RECIPE¶
Candidates¶
Generate sample¶
dvc repro candidates
Info
The annotation sample is randomly drawn from all candidates defined by the config file. Do not expect the exact same outs if you run it twice.
Label sample¶
TECHNOLOGY="" # e.g. "additivemanufacturing"
prodigy textcat.option SEED_${TECHNOLOGY} data/candidates_${TECHNOLOGY}_sample.jsonl -F prodigy/textcat_option.py
Load annotated SEED¶
dvc unprotect data/seed*.jsonl
dvc repro load-annotated-seed
dvc add data/seed*.jsonl
Build publications table at family_id level¶
techlandscape assets get-publications-family patentcity.patents.publications credentials_bq.json
# fix REPEATED instead of NULLABLE nested field
gsutil -m rm "gs://tmp/publications_*.jsonl.gz"

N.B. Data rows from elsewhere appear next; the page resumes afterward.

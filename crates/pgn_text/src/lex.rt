//! The parts of a text: classes of bytes, parts as tokens and by their places, tags and their
//! strings.

pub(crate) mod class;
pub(crate) mod movetext;
pub(crate) mod place;
pub(crate) mod quoted;
pub(crate) mod scan;
pub(crate) mod tag;
pub(crate) mod token;
pub(crate) mod unquoted;
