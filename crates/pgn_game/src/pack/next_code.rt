//! The next move of a line that is told by the codes of its plies.
ghost use Rattle.std.specs.Prelude.{◌≡◌, ◌↔◌, List, MatchResult, IsTrue};
ghost use Rattle.chess.specs.declared.moves.Move.{Move};
ghost use Rattle.chess.specs.Public.Moves.{IsLegal};
ghost use Rattle.pgn_game.specs.Public.CodeLines.{IsCodedLine, IsNextCoded};

use crate::pack::error::CodesError;
use crate::pack::replaying::told_move;
use crate::turns::replayed::GamePosition;
use chess::Move;

/// Whether the move is legal.
#[inline(always)]
fn is_legal(position: &GamePosition, m: &Move) -> bool
    ensures { IsTrue result ↔ IsLegal position.now m.now }
{
    position.is_legal(*m)
}

/// The next move of the line that goes on from the position by the bytes of its codes, none at its
/// end. No memory is taken. Fails with `NoLine` where they are the bytes of no line of legal moves.
pub fn next_coded(position: &GamePosition, plies: &[u8]) -> Result<Option<Move>, CodesError>
    ensures { MatchResult result (IsNextCoded position.now plies.now)
        (λ error. (error ≡ CodesError.NoLine)
        × ((moves : List Move) → IsCodedLine position.now plies.now moves → ⊥)) }
{
    let [a, b, d, ..] = plies else {
        if plies.is_empty() {
            return Ok(None);
        }
        return Err(CodesError::NoLine);
    };
    let m = told_move(position, *a, *b, *d);
    if !is_legal(position, &m) {
        return Err(CodesError::NoLine);
    }
    Ok(Some(m))
}
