//! A line replayed from the codes of its plies.
ghost use Rattle.std.specs.Prelude.{◌≡◌, ◌<◌, ◌∷◌, ◌++◌, [], List, length, IfOk, MatchResult, OnOk};
ghost use Rattle.chess.specs.declared.moves.Move.{Move};
ghost use Rattle.pgn_game.specs.Public.CodeLines.{IsCodedLine, IsCodedReplay};
ghost use Rattle.pgn_game.specs.Private.CodeWords.{promoted, told_move};
ghost use Rattle.pgn_game.specs.Public.PlyCodes.{code_of, numbered_man, numbered_castle};

use crate::pack::error::CodesError;
use crate::pack::ply::is_pawn;
use crate::turns::replayed::{GamePosition, Replayed};
use chess::{Kind, Man, Move, Side, Square, Wing};
use std::alloc::{AllocError, Global};

/// The sides, short enough for a table.
const W: Side = Side::White;

const B: Side = Side::Black;

/// The sides of men by their numbers, from 12 on of kings who castle: by a table, as the kinds, so
/// that no jump depends on the number. The proof of `numbered_man` compares all 16.
static SIDES: [Side; 16] = [W, W, W, W, W, W, B, B, B, B, B, B, W, W, B, B];

/// The kinds of men by their numbers.
static KINDS: [Kind; 16] = [
    Kind::King,
    Kind::Queen,
    Kind::Rook,
    Kind::Bishop,
    Kind::Knight,
    Kind::Pawn,
    Kind::King,
    Kind::Queen,
    Kind::Rook,
    Kind::Bishop,
    Kind::Knight,
    Kind::Pawn,
    Kind::King,
    Kind::King,
    Kind::King,
    Kind::King,
];

/// The man with that number.
#[inline(always)]
pub fn numbered_man(number: u8) -> Man
    requires { number < 16 }
    ensures { result ≡ numbered_man number }
{
    Man {
        side: SIDES[number as usize],
        kind: KINDS[number as usize],
    }
}

/// The wing on which the man with that number castles, if he does.
#[inline(always)]
pub fn numbered_castle(number: u8) -> Option<Wing>
    ensures { result ≡ numbered_castle number }
{
    if number < 12 {
        return None;
    }
    if number % 2 == 0 {
        return Some(Wing::KingSide);
    }
    Some(Wing::QueenSide)
}

/// What the man that leaves becomes, where another arrives in place of a pawn.
fn promoted(leaving: Option<Man>, man: Man) -> Option<Kind>
    ensures { result ≡ promoted leaving man }
{
    if is_pawn(leaving) && !is_pawn(Some(man)) {
        return Some(man.kind);
    }
    None
}

/// The move that the three bytes tell in the position, if they are the code of one.
pub(crate) fn told_move(position: &GamePosition, a: u8, b: u8, d: u8) -> Move
    ensures { result ≡ told_move position.now (code_of a b d) }
{
    let from = Square::of_index(a % 64);
    let number = b / 64 + 4 * (d / 64);
    Move {
        from,
        to: Square::of_index(b % 64),
        promote: promoted(position.at(from), numbered_man(number)),
        castle: numbered_castle(number),
    }
}

/// A line as far as it is replayed: the positions before the one that is reached, and the moves
/// after each.
#[derive(Drop)]
struct CodedLine {
    before: Vec<GamePosition>,
    played: Vec<Move>,
}

impl CodedLine {
    /// Before the first of so many plies.
    fn new(alloc: Global, count: usize) -> Result<Self, AllocError>
        ensures before { IfOk result (λ line. line.before.items ≡ []) }
        ensures played { IfOk result (λ line. line.played.items ≡ []) }
    {
        let before = Vec::with_capacity(alloc, count.saturating_add(1))?;
        let played = Vec::with_capacity(alloc, count)?;
        Ok(CodedLine { before, played })
    }

    /// Keeps the position, and the move that is played there.
    fn keep(&mut self, position: GamePosition, m: Move) -> Result<(), AllocError>
        ensures before { OnOk result (self.new.before.items
            ≡ self.old.before.items ++ position ∷ []) }
        ensures played { OnOk result (self.new.played.items ≡ self.old.played.items ++ m ∷ []) }
    {
        self.before.push(position)?;
        self.played.push(m)?;
        Ok(())
    }

    /// What is kept, with the position that is reached, as a replay.
    fn replayed(self, alloc: Global, here: GamePosition) -> Result<Replayed, AllocError>
        requires { length self.before.items ≡ length self.played.items }
        ensures { IfOk result (λ replayed. replayed
            ≡ record {
              positions = self.before.items ++ here ∷ [];
              played =
                  self.played.items;
              turns = [];
            }) }
    {
        let CodedLine { before, played } = self;
        let mut positions = before;
        positions.push(here)?;
        Ok(Replayed {
            positions,
            played,
            turns: Vec::new(alloc),
        })
    }
}

/// Replays the line from the position by the bytes of its codes. Each move that a code tells is
/// asked to be legal; what a code says of the man that is taken, and its marks, are not compared.
/// Fails with `NoLine` where the bytes are those of no line of legal moves.
pub fn replay_codes(
    alloc: Global,
    start: GamePosition,
    plies: &[u8],
) -> Result<Replayed, CodesError>
    ensures { MatchResult result
        (IsCodedReplay start plies.now)
        (λ error. error ≡ CodesError.NoLine → (moves : List Move)
        → IsCodedLine start plies.now moves → ⊥) }
{
    if plies.len() % 3 != 0 {
        return Err(CodesError::NoLine);
    }
    let count = plies.len() / 3;
    let mut line = CodedLine::new(alloc, count)?;
    let mut here = start;
    for ply in 0..count {
        let m = told_move(
            &here,
            plies[3 * ply],
            plies[3 * ply + 1],
            plies[3 * ply + 2],
        );
        if !here.is_legal(m) {
            return Err(CodesError::NoLine);
        }
        let next = here.play(m);
        line.keep(here, m)?;
        here = next;
    }
    Ok(line.replayed(alloc, here)?)
}
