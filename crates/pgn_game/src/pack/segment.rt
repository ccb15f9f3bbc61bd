//! A segment, appended to bytes and read from the front of bytes.
ghost use Rattle.std.specs.Prelude.{◌≡◌, ◌≤◌, ◌<◌, ◌^◌, ◌++◌, OnOk, OnErr, IfOk, ℕ, List, length};
ghost use Rattle.std.specs.Prelude.{drop};
ghost use Rattle.pgn_game.specs.Private.SegmentSteps.{Gives};
ghost use Rattle.pgn_game.specs.Public.Segments.{HasNoSegment, FitsSegment, front_bytes};
ghost use Rattle.pgn_game.specs.Public.Segments.{largest_body, sealed, segment_text, records_in};
ghost use Rattle.pgn_game.specs.Public.Segments.{numbers_of, front_at, segment_at};

use crate::pack::error::SegmentError;
use crate::pack::seal::{push_sealed, unsealed_at};
use std::alloc::{AllocError, Global};
use std::marker::Model;

/// What each segment of this layout begins with.
const MAGIC: [u8; 8] = *b"PGNPACK2";

/// The most bytes of a body.
pub const LARGEST_BODY: usize = 35_651_584;

/// How many records a segment has, and their records and columns.
#[derive(Drop)]
pub struct Segment<'a> {
    records: u32,
    body: &'a [u8],
}

impl<'a> Model for Segment<'a> {
    ghost use Rattle.pgn_game.specs.Public.Segments.{Segment};

    ghost Value = { Segment };

    ghost view = { λ segment. record { records = segment.records; body = segment.body.now } };
}

impl<'a> Segment<'a> {
    /// Its records.
    pub fn records(&self) -> &'a [u8]
        ensures { result.now ≡ records_in self.now }
    {
        let count = self.body.len().min(self.records as usize);
        &self.body[..count]
    }
}

/// The front of a segment of so many records, whose body has so many bytes.
#[tactic(auto, unfolding(crate::specs::Public::Segments::front_bytes))]
fn front_of(alloc: Global, records: u32, size: u32) -> Result<Vec<u8>, AllocError>
    ensures { IfOk result (λ front. front.items ≡ front_bytes records size) }
{
    let mut front = Vec::with_capacity(alloc, 16)?;
    front.extend_from_slice(&MAGIC)?;
    front.extend_from_slice(&records.to_be_bytes())?;
    front.extend_from_slice(&size.to_be_bytes())?;
    Ok(front)
}

/// Appends the segment of so many records with this body.
pub fn push_segment(
    alloc: Global,
    records: u32,
    body: &[u8],
    out: &mut Vec<u8>,
) -> Result<(), AllocError>
    requires { length body.now ≤ largest_body }
    ensures { OnOk result (out.new.items ≡ out.old.items ++ segment_text
        (record { records = records; body = body.now })) }
{
    let front = front_of(alloc, records, body.len() as u32)?;
    push_sealed(front.as_slice(), out)?;
    push_sealed(body, out)?;
    Ok(())
}

/// How many records and how many bytes of their body a front of this layout names.
fn numbers_of(front: &[u8]) -> Result<(u32, u32), SegmentError>
    requires { length front.now ≡ 16 }
    ensures exact { Gives (λ x. x) result (numbers_of front.now) }
    ensures small { IfOk result (λ x. x.1 ≤ largest_body) }
{
    let (magic, numbers) = front.split_at(8);
    if magic != MAGIC.as_slice() {
        return Err(SegmentError::OtherLayout);
    }
    let records = u32::from_be_bytes([numbers[0], numbers[1], numbers[2], numbers[3]]);
    let size = u32::from_be_bytes([numbers[4], numbers[5], numbers[6], numbers[7]]);
    if size as usize > LARGEST_BODY {
        return Err(SegmentError::TooLarge);
    }
    Ok((records, size))
}

/// The front that the bytes begin with, as how many records and how many bytes of their body it
/// names, and what stands after it. Where the body is
/// damaged, the next segment begins so many bytes and eight after it.
#[tactic(auto, unfolding(crate::specs::Public::Segments::front_at))]
pub fn read_front(bytes: &[u8]) -> Result<((u32, u32), &[u8]), SegmentError>
    ensures exact { Gives (λ x. (x.0, x.1.now)) result (front_at bytes.now) }
    ensures small { IfOk result (λ x. x.0.1 ≤ largest_body) }
    ensures rest { IfOk result (λ x. x.1.now ≡ drop 24 bytes.now) }
{
    let (front, rest) = unsealed_at(SegmentError::DamagedFront, 16, bytes)?;
    let numbers = numbers_of(front)?;
    Ok((numbers, rest))
}

/// The segment that the bytes begin with, and what stands after it. No memory is taken.
#[tactic(auto, unfolding(crate::specs::Public::Segments::segment_at))]
fn read_segment(bytes: &[u8]) -> Result<(Segment<'_>, &[u8]), SegmentError>
    ensures { Gives (λ x. (x.0, x.1.now)) result (segment_at bytes.now) }
{
    let ((records, size), rest) = read_front(bytes)?;
    let (body, rest) = unsealed_at(SegmentError::DamagedBody, size as usize, rest)?;
    Ok((Segment { records, body }, rest))
}

/// The segment that the bytes begin with, and what stands after it. No memory is taken. Fails where
/// they begin with none, and says why.
pub fn read(bytes: &[u8]) -> Result<(Segment<'_>, &[u8]), SegmentError>
    // What is read is the text of a segment.
    ensures found { IfOk result (λ x. FitsSegment x.0 × (bytes.now ≡ segment_text x.0 ++ x.1.now)) }
    // Where nothing is read, no segment stands in front.
    ensures none { OnErr result (HasNoSegment bytes.now) }
    // Which fault it is.
    ensures exact { Gives (λ x. (x.0, x.1.now)) result (segment_at bytes.now) }
{
    read_segment(bytes)
}
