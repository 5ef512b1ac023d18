//! Playing a scenario: its lines are done to a core, or compared with what the core wrote.

use crate::cores::done;
use crate::played::asked::Tables;
use capture_form::Capture;
use kit_talks::{Difference, Stage, Words, lines_meant};
use route_core::Core;
use state_ledger::{Ledger, NotEntered};
use std::alloc::{AllocError, Global};

/// A scenario that is played.
#[derive(Drop)]
struct Scene {
    alloc: Global,
    stage: Stage,
    /// The auditor's tables, as far as they were asked.
    ledger: Ledger,
}

/// As many records as a ledger may have.
const MOST_RECORDS: u64 = 9223372036854775807;

/// Plays the lines: all differences, in order.
pub(crate) fn play(
    alloc: Global,
    core: &mut Core,
    lines: &[&str],
) -> Result<Vec<Difference>, AllocError> {
    let mut scene = Scene {
        alloc,
        stage: Stage::new(alloc),
        ledger: Ledger::new(alloc),
    };
    // A `?` here would be one more way out on which the drop of the scene is proved.
    let played = scene.play(core, lines);
    let differences = scene.into_differences();
    played?;
    Ok(differences)
}

impl Scene {
    /// All differences, in order.
    fn into_differences(self) -> Vec<Difference> {
        self.stage.into_differences()
    }

    /// Plays the lines, behind which no record may stand that is not told.
    fn play(&mut self, core: &mut Core, lines: &[&str]) -> Result<(), AllocError> {
        for text in lines {
            self.play_line(core, text)?;
        }
        self.stage.pass_untold(core.capture().records())
    }

    /// Plays a line, with all lines that it stands for.
    fn play_line(&mut self, core: &mut Core, text: &str) -> Result<(), AllocError> {
        self.stage.go_on();
        let lines = lines_meant(self.alloc, text)?;
        self.play_meant(core, lines.as_slice())
    }

    /// Plays the lines that a line stands for.
    fn play_meant(&mut self, core: &mut Core, lines: &[String]) -> Result<(), AllocError> {
        for line in lines {
            self.play_often(core, &Words::of(self.alloc, line.as_str())?)?;
        }
        Ok(())
    }

    /// Plays a line as often as it says.
    fn play_often(&mut self, core: &mut Core, words: &Words<'_>) -> Result<(), AllocError> {
        let Ok(connection) = words.at(0).parse::<u32>() else {
            return self
                .stage
                .differ("a line begins with the number of a connection");
        };
        for turn in 0..words.times() {
            match words.at(1) {
                "<" => self.stage.compare(core.capture().records(), words)?,
                "?" => self.ask(core.capture(), words)?,
                _ => self.act(core, words, connection, turn)?,
            }
        }
        Ok(())
    }

    /// Compares what the auditor's tables answer behind the records that are told.
    fn ask(&mut self, capture: &Capture, line: &Words<'_>) -> Result<(), AllocError> {
        self.follow(capture)?;
        let tables = Tables {
            alloc: self.alloc,
            ledger: &self.ledger,
            rules: capture.rules(),
            names: self.stage.names(),
        };
        let answer = tables.answer(line)?;
        self.stage
            .has_to_say("the tables answer", answer.as_str(), line)
    }

    /// The auditor's tables follow the records that are told.
    fn follow(&mut self, capture: &Capture) -> Result<(), AllocError> {
        let entered = self.ledger.tally().records as usize;
        let told = capture
            .records()
            .get(entered..self.stage.told())
            .unwrap_or(&[]);
        for entry in told {
            if self.ledger.tally().records >= MOST_RECORDS {
                return Ok(());
            }
            match self.ledger.enter(capture.rules(), entry) {
                Ok(()) => {}
                Err(NotEntered::Memory) => return Err(AllocError),
                Err(NotEntered::Broken(_)) => return self
                    .stage
                    .differ("the auditor refuses a record"),
            }
        }
        Ok(())
    }

    /// Does to the core what the line tells.
    fn act(
        &mut self,
        core: &mut Core,
        words: &Words<'_>,
        connection: u32,
        turn: u32,
    ) -> Result<(), AllocError> {
        self.stage.pass_untold(core.capture().records())?;
        match self.stage.deed(words, connection, turn)? {
            Some(deed) => self.stage.took(done(core, &deed), words),
            None => Ok(()),
        }
    }
}
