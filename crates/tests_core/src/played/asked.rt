//! What the auditor's tables answer behind the records so far, in the words of a scenario's questions.

use capture_form::RuleSet;
use kit_talks::{Names, Telling, Words};
use state_incoming::HeldDelivery;
use state_ledger::Ledger;
use std::alloc::{AllocError, Global};
use trace_events::{Asking, Link, Session};
use trace_judge::{Counts, Inputs, Openings, Outcomes};

/// Who answers: the tables of a ledger, by these rules, of deliveries with these names.
#[derive(Clone, Copy)]
pub(crate) struct Tables<'t> {
    pub(crate) alloc: Global,
    pub(crate) ledger: &'t Ledger,
    pub(crate) rules: &'t RuleSet,
    pub(crate) names: &'t Names,
}

impl<'t> Tables<'t> {
    /// All that is answered to the question of a line.
    pub(crate) fn answer(&self, line: &Words<'_>) -> Result<String, AllocError> {
        let alloc = self.alloc;
        let (who, what) = (line.at(0), line.at(2));
        let mut telling = Telling::new(format!(in alloc; "{who} ? {what}")?);
        self.tell(&mut telling, line)?;
        Ok(telling.into_text())
    }

    /// Tells what is answered.
    ///
    /// It borrows the words: owned here, their drop would be proved on each way out.
    fn tell(&self, telling: &mut Telling, line: &Words<'_>) -> Result<(), AllocError> {
        let connection = line.at(0).parse::<u32>().unwrap_or(0);
        let channel = (line.number("channel").unwrap_or(0) & 0xFFFF) as u16;
        match line.at(2) {
            "connection" => self.connection(telling, connection),
            "channel" => self.channel(telling, connection, channel),
            "handle" => match self.ledger.lent().live_session(connection, channel) {
                Some(session) => self.handle(telling, session, line),
                None => telling.value("session", "-"),
            },
            "address" => self.address(telling, line.at(3)),
            "delivery" => self.delivery(telling, line),
            _ => Ok(()),
        }
    }

    /// Of a connection: how far it is, and the largest frame that its client takes.
    fn connection(&self, telling: &mut Telling, connection: u32) -> Result<(), AllocError> {
        let lent = self.ledger.lent();
        telling.facts(&[
            ("opened", lent.was_opened(connection)),
            ("heard-open", lent.has_in_open(connection)),
            ("written", lent.has_out_frame(connection)),
            ("over", lent.is_over(connection)),
            ("finished", lent.was_finished(connection)),
            ("stopped", lent.was_stopped(connection)),
        ])?;
        telling.number("frame", Some(lent.frame_limit(connection)))
    }

    /// Of a channel: what its client is owed or owes, its last begin, and the session that is live there.
    fn channel(
        &self,
        telling: &mut Telling,
        connection: u32,
        channel: u16,
    ) -> Result<(), AllocError> {
        let lent = self.ledger.lent();
        telling.facts(&[
            ("asks", lent.has_unanswered_begin(connection, channel)),
            ("owes-end", lent.owes_end(connection, channel)),
            ("awaits-end", lent.awaits_end(connection, channel)),
        ])?;
        let begin = lent.last_in_begin(connection, channel);
        telling.numbers(&[
            ("channel", Some(u64::from(channel))),
            (
                "asked-first",
                begin.map(|begin| u64::from(begin.next_outgoing_id)),
            ),
            (
                "asked-window",
                begin.map(|begin| u64::from(begin.incoming_window)),
            ),
        ])?;
        match lent.live_session(connection, channel) {
            Some(session) => self.session(telling, session),
            None => telling.value("session", "-"),
        }
    }

    /// Of a session: the record that began it, its windows and its numbers.
    fn session(&self, telling: &mut Telling, session: Session) -> Result<(), AllocError> {
        let lent = self.ledger.lent();
        telling.numbers(&[
            ("session", Some(session.number)),
            ("window", Some(u64::from(lent.session_window(session)))),
            ("given-window", Some(u64::from(lent.given_window(session)))),
            ("next-out", Some(u64::from(lent.next_outgoing_id(session)))),
            ("next-in", Some(u64::from(lent.next_incoming_id(session)))),
            ("next-id", Some(u64::from(lent.next_delivery_id(session)))),
        ])
    }

    /// Of a handle: what its client is owed or owes, its attach that is not answered, and the link that is live there.
    fn handle(
        &self,
        telling: &mut Telling,
        session: Session,
        line: &Words<'_>,
    ) -> Result<(), AllocError> {
        let lent = self.ledger.lent();
        let handle = line.number("handle").unwrap_or(0);
        telling.numbers(&[
            ("channel", Some(u64::from(session.channel))),
            ("handle", Some(u64::from(handle))),
        ])?;
        telling.facts(&[
            ("owes-detach", lent.owes_detach(session, handle)),
            ("awaits-detach", lent.awaits_detach(session, handle)),
        ])?;
        match lent.asking(session, handle) {
            Some(asking) => self.asking(telling, &asking)?,
            None => telling.value("asks", "-")?,
        }
        match lent.session_link(session, handle) {
            Some(link) => self.link(telling, &link),
            None => telling.value("link", "-"),
        }
    }

    /// Of an attach that is not answered: the name of its link, and its fault where it has one.
    fn asking(&self, telling: &mut Telling, asking: &Asking<'_>) -> Result<(), AllocError> {
        telling.value("asks", asking.name)?;
        telling.role(asking.role)?;
        match asking.fault {
            Some(fault) => {
                let fault = format!(in self.alloc; "{fault:?}")?;
                telling.value("fault", fault.as_str())
            }
            None => telling.value("fault", "-"),
        }
    }

    /// Of a link: the record that opened it, its address, its counts and its credit.
    fn link(&self, telling: &mut Telling, link: &Link<'_>) -> Result<(), AllocError> {
        let lent = self.ledger.lent();
        telling.role(link.role)?;
        telling.value("address", str::from_utf8(link.address).unwrap_or("?"))?;
        telling.facts(&[
            ("live", lent.is_live(link)),
            (
                "of-consumer",
                lent.consumer_links.get(link.number).is_some(),
            ),
            ("draining", lent.is_draining(link)),
            ("unsent", lent.has_unsent(self.rules, link)),
        ])?;
        telling.numbers(&[
            ("link", Some(link.number)),
            ("credit", Some(u64::from(lent.link_credit(link)))),
            ("count", Some(u64::from(lent.delivery_count(link)))),
            ("given-credit", Some(u64::from(lent.given_credit(link)))),
            ("received", Some(u64::from(lent.received_count(link)))),
            ("undecided", Some(lent.undecided_count(self.rules, link))),
        ])
    }

    /// Of an address: whether a delivery waits there, and its consumers' links in order.
    fn address(&self, telling: &mut Telling, address: &str) -> Result<(), AllocError> {
        let lent = self.ledger.lent();
        let octets = address.as_bytes();
        telling.word(address)?;
        telling.fact("served", lent.has_consumer(octets))?;
        telling.fact("waiting", lent.has_waiting(self.rules, octets))?;
        let mut consumers = String::new(self.alloc);
        self.put_consumers(&mut consumers, octets)?;
        telling.value("consumers", consumers.as_str())
    }

    /// Puts the consumers' links of an address, in order.
    fn put_consumers(&self, out: &mut String, address: &[u8]) -> Result<(), AllocError> {
        for place in 0..self.ledger.lent().consumers.count(address) {
            if place > 0 {
                out.push_str(",")?;
            }
            self.put_consumer(out, address, place)?;
        }
        Ok(())
    }

    /// Puts a consumer's link, by its place at the address: `8@5` if record 8 opened it on handle 5.
    fn put_consumer(
        &self,
        out: &mut String,
        address: &[u8],
        place: usize,
    ) -> Result<(), AllocError> {
        let number = self
            .ledger
            .lent()
            .consumers
            .get(address, place)
            .unwrap_or(0);
        match self.ledger.lent().consumer_links.get(number) {
            Some(link) if link.address == address => { write!(out, "{number}@{}", link.handle) }
            _ => write!(out, "{number}@?"),
        }
    }

    /// Of a delivery from a client, by its name: what stands of it, and whether it was complete before the other.
    fn delivery(&self, telling: &mut Telling, line: &Words<'_>) -> Result<(), AllocError> {
        telling.word(line.at(3))?;
        let Some(number) = self.names.number(line.at(3)) else {
            return telling.word("unnamed");
        };
        let Some(held) = self.ledger.lent().deliveries.get(number) else {
            return telling.word("not-kept");
        };
        put_held(telling, held)?;
        let other = line
            .value("before")
            .or(line.value("not-before"))
            .unwrap_or("");
        match self.kept(other) {
            Some(kept) if held.is_completed_before(kept) => telling.value("before", other),
            Some(_) => telling.value("not-before", other),
            None => Ok(()),
        }
    }

    /// The delivery of this name, if it is kept.
    fn kept(&self, name: &str) -> Option<&'t HeldDelivery> {
        let number = self.names.number(name)?;
        self.ledger.lent().deliveries.get(number)
    }
}

/// What stands of a delivery.
fn put_held(telling: &mut Telling, held: &HeldDelivery) -> Result<(), AllocError> {
    telling.facts(&[
        ("complete", held.is_complete()),
        ("undecided", held.is_undecided()),
        ("waiting", held.is_waiting()),
        ("paired", held.is_paired()),
        ("gone", held.is_gone()),
        ("closed", held.is_closed()),
        ("may-go", held.may_go()),
        ("may-be-told", held.may_be_told()),
    ])?;
    let delivery = held.delivery();
    telling.numbers(&[
        ("completed", held.completion()),
        ("payload", Some(held.payload().len() as u64)),
        ("began", Some(delivery.number)),
        ("id", delivery.id.map(u64::from)),
        ("format", Some(u64::from(delivery.format))),
    ])
}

bq extract --destination_format NEWLINE_DELIMITED_JSON --compression GZIP patentcity:patents.publications "gs://tmp/publications_*.jsonl.gz"
STAGE_FOLDER=""
gsutil -m cp "gs://tmp/publications_*.jsonl.gz" $STAGE_FOLDER
ls ${STAGE_FOLDER}/publications_*.jsonl.gz | parallel --eta 'mv {} {.}.tmp.gz && techlandscape utils flatten-nested-vars {.}.tmp.gz cpc,ipc,citation,cited_by >> {.} && gzip {.}'
gsutil -m cp "${STAGE_FOLDER}/publications_*.jsonl.gz" gs://tmp/
bq rm patentcity:patents.publications
bq load --source_format NEWLINE_DELIMITED_JSON --replace --max_bad_records 1000 patentcity:patents.publications "gs://tmp/publications_*.jsonl.gz" schemas/publications_familyid.json
Expansion iteration and robustness analysis¶
dvc unprotect outs/expansion_*robustness*.csv
dvc repro -f expansion-robustness
dvc add outs/expansion_*robustness*.csv
Training data¶
cat lib/technology.txt | parallel --eta 'techlandscape io get-training-data family_id patentcity.techdiffusion.seed_{} patentcity.techdiffusion.expansion_{} 400 patentcity.techdiffusion.training_{} credentials_bq.json'
gsutil -m rm "gs://tmp/training_*.jsonl"
cat lib/technology.txt | parallel --eta 'bq extract --destination_format NEWLINE_DELIMITED_JSON patentcity:techdiffusion.training_{} "gs://tmp/training_{}.jsonl" '
gsutil -m cp "gs://tmp/training_*.jsonl" data/
Prediction robustness¶
parallel --eta 'techlandscape utils train-test-split data/training_{1}.jsonl data/train_{1}_{2}.jsonl data/test_{1}_{2}.jsonl' ::: $(cat lib/technology.txt) ::: $(pwgen 5 10)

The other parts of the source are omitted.